Мое манкирование службой не осталось, однако, без возмездия. «Политическая часть» в лице упомянутого мною «помпомполиткома» тщательно следила за соблюдением «трудовой дисциплины», то есть за тем, чтобы все являлись на службу и уходили с нее в точно назначенное время. Для этого ежедневно выставлялись листы, на которых служащие должны были собственноручно расписываться; листы эти через пять минут после назначенного срока отбирались и шли к начальству. Служащие, желавшие начальству угодить, являлись даже раньше срока. Они же, в качестве добровольцев, усердно ходили по субботам после службы на устраиваемые коммунистами субботники, то есть шли куда-нибудь за город или на вокзал ворочать бревна или разгружать вагоны. На не посещавших субботники, – а к числу их принадлежал и я – «помпомполитком» смотрел косо.
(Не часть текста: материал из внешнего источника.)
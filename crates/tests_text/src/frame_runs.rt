//! Runs of `frame` over readers and writers that give and take little at a time, or fail; and of
//! sealed frames.

use crate::devices::{Device, End, Feed, Lines};
use plumctl_core::{Ended, frame_lines, read_keys, run_frame, tell};
use sealed_frames::Keys;
use std::alloc::{AllocError, Global};
use std::io::ErrorKind;
use streams::{MayFail, StreamFault};

// A frame, a line that is not all digits, and an empty one: they end at 45, 48 and 49.
const INPUT: &[u8] = b"50540204 0001 0000 0000000000000005 00000000\n5g\n\n";

// What is printed for them, which ends at 27, 42 and 57.
const TEXT: &[u8] = b"PRUNE from 1 to 0 number 5\nerror 9 BadHex\nerror 10 Short\n";

const INTERRUPTED: End = End::Fails(ErrorKind::Interrupted);

const BROKEN_PIPE: Option<ErrorKind> = Some(ErrorKind::BrokenPipe);

/// How a run ends.
type Done = Result<Ended, StreamFault>;

/// Reads the text and writes to the device. Returns how the run ends, and what became of the
/// device.
fn run(alloc: Global, feed: Feed, device: Device) -> (Done, Device) {
    let mut writer = MayFail(device);
    let done = frame_lines(alloc, None, &mut MayFail(feed), &mut writer);
    (done, writer.0)
}

/// Returns whether a text is printed as another, and the run ends so.
fn prints(alloc: Global, input: &'static [u8], text: &'static [u8], ended: Ended) -> bool {
    let feed = Feed::new(input);
    let (done, device) = run(alloc, feed, Device::new(text));
    done == Ok(ended) && device.is_right && device.unseen == 0
}

#[test]
fn a_last_line_feed_starts_no_line(rt: HostRuntime) {
    let table: [(&[u8], &[u8], Ended); 6] = [
        (b"", b"", Ended::AllPrinted),
        (b"\n", b"error 10 Short\n", Ended::SomeRefused),
        (
            b"\n\n",
            b"error 10 Short\nerror 10 Short\n",
            Ended::SomeRefused,
        ),
        (b"  ", b"error 10 Short\n", Ended::SomeRefused),
        (b"5g", b"error 9 BadHex\n", Ended::SomeRefused),
        (&INPUT[..44], &TEXT[..27], Ended::AllPrinted),
    ];
    for (input, text, ended) in table {
        assert!(rt; prints(rt.alloc(), input, text, ended), "{input:?}");
    }
}

/// Returns how many bytes are seen outside, and how often they were passed on, when this many bytes
/// were given one by one and the reader then fails; `None` if others were printed, or the run ended
/// otherwise.
fn seen_after(alloc: Global, given: usize, kind: ErrorKind) -> Option<(usize, u32)> {
    let feed = Feed {
        most: 1,
        end: End::Fails(kind),
        ..Feed::new(&INPUT[..given.min(INPUT.len())])
    };
    let (done, device) = run(alloc, feed, Device::new(TEXT));
    if done == Err(StreamFault::Read) && device.is_right {
        Some((TEXT.len().saturating_sub(device.unseen), device.flushes))
    } else {
        None
    }
}

#[test]
fn a_line_is_answered_before_the_next_is_waited_for(rt: HostRuntime) {
    for given in 0..=49 {
        let seen = match given {
            0..45 => (0, 0),
            45..48 => (27, 1),
            48 => (42, 2),
            _ => (57, 3),
        };
        for kind in [ErrorKind::Interrupted, ErrorKind::Other] {
            assert!(rt;
                seen_after(rt.alloc(), given, kind) == Some(seen),
                "{given} bytes"
            );
        }
    }
}

/// Returns how often the device is flushed in a run that reads at most `most` bytes at a time, to
/// its end.
fn flushes(alloc: Global, most: usize) -> Option<u32> {
    let feed = Feed {
        most,
        ..Feed::new(INPUT)
    };
    let (done, device) = run(alloc, feed, Device::new(TEXT));
    if done == Ok(Ended::SomeRefused) && device.is_right && device.unseen == 0 {
        Some(device.flushes)
    } else {
        None
    }
}

#[test]
fn lines_that_are_read_at_once_are_passed_on_at_once(rt: HostRuntime) {
    for (most, count) in [(1, 4), (45, 3), (46, 3), (48, 3), (49, 2), (100, 2)] {
        assert!(rt; flushes(rt.alloc(), most) == Some(count), "{most} bytes");
    }
}

#[test]
fn an_interruption_is_not_tried_again(rt: HostRuntime) {
    let feed = Feed {
        most: 1,
        end: End::FailsOnce(ErrorKind::Interrupted),
        ..Feed::new(b"")
    };
    let (done, _) = run(rt.alloc(), feed, Device::new(b""));
    assert!(rt; done == Err(StreamFault::Read));
}

/// Returns how the run ended, and how many bytes of the text a device took until the writer failed,
/// with room for `room` bytes and at most `most` at a time; `None` if it took others.
fn taken_until_full(
    alloc: Global,
    room: usize,
    most: usize,
    fault: Option<ErrorKind>,
) -> Option<(Done, usize)> {
    let feed = Feed::new(INPUT);
    let device = Device {
        room,
        most,
        fault,
        ..Device::new(TEXT)
    };
    let (done, device) = run(alloc, feed, device);
    if device.is_right {
        Some((done, TEXT.len().saturating_sub(device.wanted.len())))
    } else {
        None
    }
}

#[test]
fn a_writer_that_is_full_at_any_byte_has_a_front(rt: HostRuntime) {
    for room in 0..57 {
        for most in [1, 100] {
            let full = taken_until_full(rt.alloc(), room, most, None);
            assert!(rt;
                full == Some((Err(StreamFault::Write), room)),
                "{room} bytes"
            );
            let closed = taken_until_full(rt.alloc(), room, most, BROKEN_PIPE);
            assert!(rt;
                closed == Some((Err(StreamFault::BrokenPipe), room)),
                "{room} bytes"
            );
        }
    }
}

#[test]
fn a_writer_that_can_not_be_flushed_has_failed(rt: HostRuntime) {
    let taken = taken_until_full(rt.alloc(), 100, 100, BROKEN_PIPE);
    assert!(rt; taken == Some((Err(StreamFault::Write), 57)));
}

/// Returns how a run over `left` bytes ends, in long lines that are not all digits.
fn run_of_lines(alloc: Global, left: usize) -> Done {
    let mut writer = MayFail(Device::new(b""));
    frame_lines(alloc, None, &mut MayFail(Lines { left }), &mut writer)
}

#[test]
fn an_input_of_67108864_bytes_is_read(rt: HostRuntime) {
    assert!(rt; run_of_lines(rt.alloc(), 67_108_864) == Ok(Ended::SomeRefused));
}

#[test]
fn an_input_of_67108865_bytes_is_too_long(rt: HostRuntime) {
    assert!(rt; run_of_lines(rt.alloc(), 67_108_865) == Err(StreamFault::InputTooLong));
}

/// Returns the exit status of a run to a device, over a text that goes on as `end` says; `None` if
/// something else is printed at standard error.
fn exit(
    alloc: Global,
    text: &'static [u8],
    end: End,
    device: Device,
    told: &'static [u8],
) -> Option<u8> {
    let feed = Feed {
        end,
        ..Feed::new(text)
    };
    let mut errors = MayFail(Device::new(told));
    let status = run_frame(
        alloc,
        None,
        &mut MayFail(feed),
        &mut MayFail(device),
        &mut errors,
    );
    is_told(errors.0).then_some(status)
}

fn is_told(errors: Device) -> bool {
    errors.is_right && errors.wanted.is_empty()
}

#[test]
fn a_run_exits_with_its_status_and_tells_its_fault(rt: HostRuntime) {
    let full = Device {
        room: 0,
        ..Device::new(TEXT)
    };
    let closed = Device {
        fault: BROKEN_PIPE,
        ..full
    };
    let table: [(&[u8], End, Device, u8, &[u8]); 5] = [
        (&INPUT[..44], End::Over, Device::new(&TEXT[..27]), 0, b""),
        (INPUT, End::Over, Device::new(TEXT), 1, b""),
        (INPUT, INTERRUPTED, Device::new(TEXT), 3, b"error 7 Read\n"),
        (
            INPUT,
            End::Over,
            full,
            3,
            b"error: the output could not be written\n",
        ),
        (INPUT, End::Over, closed, 3, b""),
    ];
    for (text, end, device, status, told) in table {
        assert!(rt;
            exit(rt.alloc(), text, end, device, told) == Some(status),
            "{told:?}"
        );
    }
}

/// Returns the exit status of a run over `left` bytes; `None` if something else is printed at
/// standard error.
fn exit_after(alloc: Global, left: usize, told: &'static [u8]) -> Option<u8> {
    let mut errors = MayFail(Device::new(told));
    let mut writer = MayFail(Device::new(b""));
    let status = run_frame(
        alloc,
        None,
        &mut MayFail(Lines { left }),
        &mut writer,
        &mut errors,
    );
    is_told(errors.0).then_some(status)
}

#[test]
fn a_run_over_too_long_an_input_exits_with_1(rt: HostRuntime) {
    let status = exit_after(rt.alloc(), 67_108_865, b"error 8 InputTooLong\n");
    assert!(rt; status == Some(1));
}

/// Returns the exit status of a fault; `None` if something else is printed at standard error.
fn status_of(fault: StreamFault, told: &'static [u8]) -> Option<u8> {
    let mut errors = MayFail(Device::new(told));
    let status = tell(&mut errors, fault);
    is_told(errors.0).then_some(status)
}

#[test]
fn a_fault_is_told_by_its_number_and_name(rt: HostRuntime) {
    assert!(rt; status_of(StreamFault::InputTooLong, b"error 8 InputTooLong\n") == Some(1));
    assert!(rt; status_of(StreamFault::Memory, b"error 99 Memory\n") == Some(4));
}

// The key of the bytes 0 to 31, behind one of the byte 7, which is the current one of the two.
const KEYS: &[u8] = b"\
    \x07\x07\x07\x07\x07\x07\x07\x07\x07\x07\x07\x07\x07\x07\x07\x07\
    \x07\x07\x07\x07\x07\x07\x07\x07\x07\x07\x07\x07\x07\x07\x07\x07\
    \x00\x01\x02\x03\x04\x05\x06\x07\x08\x09\x0a\x0b\x0c\x0d\x0e\x0f\
    \x10\x11\x12\x13\x14\x15\x16\x17\x18\x19\x1a\x1b\x1c\x1d\x1e\x1f";

// The frame of `INPUT`, and behind it its seal under the key of the bytes 0 to 31, by Python's
// `hmac`.
const SEALED: &[u8] = b"5054020400010000000000000000000500000000881408dd1a3e216b75c32aab9d9f1530";

/// Returns whether a line prints as a text under the keys that these bytes are.
fn prints_under(alloc: Global, keys: &[u8], line: &[u8], text: &[u8]) -> bool {
    match Keys::from_slice(keys) {
        Ok(keys) => prints_as(alloc, Some(&keys), line, text),
        Err(_) => false,
    }
}

/// Returns whether a line prints as a text.
fn prints_as(alloc: Global, keys: Option<&Keys>, line: &[u8], text: &[u8]) -> bool {
    let mut reader = line;
    let mut writer = Vec::new(alloc);
    let done = frame_lines(alloc, keys, &mut reader, &mut writer);
    done.is_ok() && writer.as_slice() == text
}

#[test]
fn a_sealed_line_prints_as_its_frame(rt: HostRuntime) {
    let frame = &TEXT[..27];
    assert!(rt; prints_under(rt.alloc(), &KEYS[32..], SEALED, frame));
    assert!(rt; prints_under(rt.alloc(), KEYS, SEALED, frame));
    assert!(rt; prints_under(rt.alloc(), &KEYS[..32], SEALED, b"error 17 BadSeal\n"));
}

#[test]
fn a_line_says_why_it_does_not_open(rt: HostRuntime) {
    let table: [(&[u8], &[u8]); 5] = [
        (&SEALED[..40], b"error 17 BadSeal\n"),
        (&SEALED[40..], b"error 17 BadSeal\n"),
        (b"\n", b"error 17 BadSeal\n"),
        (b"5g", b"error 9 BadHex\n"),
        // No byte, and the seal of that, by Python's `hmac`.
        (b"d38b42096d80f45f826b44a9d5607de7", b"error 10 Short\n"),
    ];
    for (line, text) in table {
        assert!(rt; prints_under(rt.alloc(), KEYS, line, text), "{line:?}");
    }
}

#[test]
fn without_a_key_a_sealed_line_has_bytes_left_over(rt: HostRuntime) {
    assert!(rt; prints_as(rt.alloc(), None, SEALED, b"error 16 LeftOver\n"));
}

/// Returns the digit whose last bit is another one.
fn other_digit(digit: u8) -> u8 {
    match digit {
        b'a' | b'c' | b'e' => digit + 1,
        b'b' | b'd' | b'f' => digit - 1,
        _ => digit ^ 1,
    }
}

/// Returns the sealed line with a bit flipped in the digit at this place.
fn flipped(alloc: Global, place: usize) -> Result<Vec<u8>, AllocError> {
    let mut line = Vec::from_slice(alloc, SEALED)?;
    if let Some(digit) = line.get_mut(place) {
        *digit = other_digit(*digit);
    }
    Ok(line)
}

#[test]
fn a_flipped_bit_is_refused(rt: HostRuntime) {
    for place in 0..72 {
        let is_refused = match flipped(rt.alloc(), place) {
            Ok(line) => prints_under(rt.alloc(), KEYS, line.as_slice(), b"error 17 BadSeal\n"),
            Err(_) => false,
        };
        assert!(rt; is_refused, "digit {place}");
    }
}

/// Reads a file of keys that gives these bytes, at most `most` at a time, and goes on so. Returns
/// the keys, or the exit status; `None` if something else is printed at standard error.
fn keys_of(
    bytes: &'static [u8],
    most: usize,
    end: End,
    told: &'static [u8],
) -> Option<Result<Keys, u8>> {
    let feed = Feed {
        most,
        end,
        ..Feed::new(bytes)
    };
    let mut errors = MayFail(Device::new(told));
    let keys = read_keys(&mut MayFail(feed), "key", &mut errors);
    is_told(errors.0).then_some(keys)
}

#[test]
fn keys_are_read_in_pieces(rt: HostRuntime) {
    for most in [1, 31, 32, 63, 64, 100] {
        let opens = match keys_of(KEYS, most, End::Over, b"") {
            Some(Ok(keys)) => prints_as(rt.alloc(), Some(&keys), SEALED, &TEXT[..27]),
            _ => false,
        };
        assert!(rt; opens, "{most} bytes at a time");
    }
    assert!(rt; matches!(keys_of(&KEYS[..32], 100, End::Over, b""), Some(Ok(_))));
}

#[test]
fn a_file_of_another_length_has_no_keys(rt: HostRuntime) {
    let told = b"error 18 BadKey\ncause: key: has neither 32 bytes nor 64\n";
    for len in [0, 1, 31, 33, 63] {
        let keys = keys_of(&KEYS[..len], 100, End::Over, told);
        assert!(rt; matches!(keys, Some(Err(3))), "{len} bytes");
    }
    for most in [1, 64, 65, 100] {
        let keys = keys_of(SEALED, most, End::Over, told);
        assert!(rt; matches!(keys, Some(Err(3))), "{most} bytes at a time");
    }
}

#[test]
fn a_file_that_fails_has_no_keys(rt: HostRuntime) {
    let told = b"error 7 Read\ncause: key: could not be read\n";
    for len in [0, 32, 64] {
        let keys = keys_of(&KEYS[..len], 100, INTERRUPTED, told);
        assert!(rt; matches!(keys, Some(Err(3))), "{len} bytes");
    }
}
Этот «помпом», некий М., был юнец с лошадиной физиономией и таковой же глупостью. Когда я только приехал, он добродушно обратился ко мне: «Бросили бы вы, товарищ Дан, ваш меньшевизм да поступили бы к нам в ячейку: лекции бы нам читали!» – и был очень огорчен, когда я отклонил предложенную мне честь. М. тщательно следил «за настроением», имел своих наушников, во все совал свой нос. Он же решил принять радикальные меры для упрочения «трудовой дисциплины». Придя однажды – по обыкновению, с сильным запозданием – на службу, я увидел на стене громадный картон, разделенный на две части. На одной красными чернилами было написано: «Слава честным труженикам!» – и под этою надписью следовали фамилии особо усердных чиновников; на другой – черными буквами: «Позор лентяям и лодырям!» – и дальше на первом месте моя фамилия. Внизу картона – подпись «М». Я искренне расхохотался этому неожиданному производству меня в «лентяи» на сорок девятом году жизни! Разумеется, я ни в чем поведения своего не изменил, М. ни о чем со мной не заговаривал, но красная и черная доски висели до самого моего отъезда, покрывая меня «позором».